Des outils pour reconvertir La communauté urbaine vient de créer une mission spécifique d'information et d'évaluation des friches industrielles et pollutions historiques. Objectif: recenser et agir. L'action a commencé et s'accélère tous azimuts. L'un des acteurs majeurs de cette reconversion s'appelle Batixia. Pionnier en France, il épaule financièrement les entreprises dans leurs projets immobiliers. Une condition: s'implanter sur une zone en reconquête. «C'est aussi notre rôle social et sociétal de chef d'entreprise. Sans Batixia, je n'aurais jamais pensé m'installer à Roubaix», témoigne Patrick Bougamont, d'Impression directe (lire ci-contre). Il était hors de question pour lui d'aller en zone industrielle, trop connotée alors qu'il vend du service.

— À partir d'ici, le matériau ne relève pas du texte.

use pb_text::Place;
use thiserror::Error;

/// What is wrong with a types file beside a program. The first in the file's order is named, and at one place the first of
/// these.
#[derive(Clone, Copy, Debug, Error)]
pub enum FitFault {
    /// The name of constant 4,097.
    #[error("TooManyConstants")]
    TooManyConstants(Place),
    /// A constant whose name an earlier one has.
    #[error("ConstantTwice")]
    ConstantTwice(Place),
    /// A constant with a name that the program's text declares, or that belongs to C or MPI.
    #[error("NameTaken")]
    NameTaken(Place),
    /// No label of the protocol has this name.
    #[error("UnknownLabel")]
    UnknownLabel(Place),
    /// The label has no payload.
    #[error("NoPayload")]
    NoPayload(Place),
    /// An earlier line is for this label.
    #[error("LabelTwice")]
    LabelTwice(Place),
    /// A type of complex numbers, where the label is reduced by `min` or `max`.
    #[error("Unordered")]
    Unordered(Place),
    /// No constant has the name in brackets.
    #[error("UnknownConstant")]
    UnknownConstant(Place),
    /// A count of 0.
    #[error("ZeroCount")]
    ZeroCount(Place),
    /// More than 1 GiB in a message.
    #[error("TooLarge")]
    TooLarge(Place),
    /// Memory ran out.
    #[error("NoMemory")]
    NoMemory,
}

Hôtels d'entreprises, sièges... Batixia joue un rôle d'amorçage. «Pour encourager les entreprises à investir sur un territoire, il faut créer l'offre. Nous les emmenons là où elles n'auraient pas imaginé aller, grâce à une qualité de prestations supérieure, confie son DG Jean-Marie Bricogne. Nous amorçons la pompe avec un premier bâtiment, pour que les investisseurs privés prennent le relais. Nous leur disons: venez participer à un réensemencement économique. L'entreprise a beaucoup d'avantages à y trouver.» Batixia vient, entre autres, d'inaugurer un hôtel d'entreprises à Anzin et de lancer le programme Riveo de 20.000m² sur la friche Rhodia à Marquette-lez-Lille.

Des emplacements top Ce n'est d'ailleurs pas un hasard si les derniers investissements majeurs dans le Nord se font sur des friches. Dernier en date: le b'Twin Village sur les 18ha de l'ancienne fabrique de cigarettes Seita où 50M€ ont été réinjectés. «Trouver un bâtiment aussi grand et proche de Lille, c'est mission impossible!, s'exclame Olivier Robinet, directeur de b'Twin. Nous sommes à un noeud autoroutier, dans un espace sans limite qui nous permet de réaliser nos rêves les plus fous.» Le même groupe Oxylane prépare son arrivée à l'ex-brasserie Terken de Roubaix, où il va implanter le pôle mondial de Kipsta (10M€). Hors de Lille, les reconquêtes se multiplient aussi, comme à Crespin. Les anciens Ateliers du Nord de la France (ANF) renaissent sur 50.000m². C'est la deuxièmeopération d'Essor Promotion. «Nous sommes une structure parisienne de rénovation du patrimoine ancien», présente Pierre Braux, associé à d'anciens d'Eiffage. Pour lui, l'intérêt est de «conserver la localisation économique là où elle était prévue, à un emplacement privilégié». L'opération (30M€) est rentable: 10% de marge brute.

Gains d'espace et de temps Sur place, Portakabin implante sa première usine en Europe continentale. «L'avantage, c'est surtout la dimension du site et ce n'est pas forcément beaucoup plus cher», note son directeur Bertrand Boitel, séduit par les travées, les ponts roulants... «En terme de mise en oeuvre, c'est aussi avantageux. En sixmois, l'ensemble de l'installation a été refait. C'est quasiment impossible en neuf. Cela réduit l'investissement et les délais.» Du côté des promoteurs, on joue aussi le jeu face aux réserves foncières qui s'épuisent. «Ces friches sont rattrapées par l'urbanisation. C'est la matière première du développement économique, précise François Dutilleul, DG de Nacarat. Les techniques de dépollution se sont améliorées. Pour nous, c'est un terrain de jeu beaucoup plus agréable pour s'exprimer.» Le BTP s'y retrouve aussi. «C'est une nouvelle carte dans notre panel», indique ce conducteur de travaux de Valères, à Bois-Grenier. Les friches fédèrent.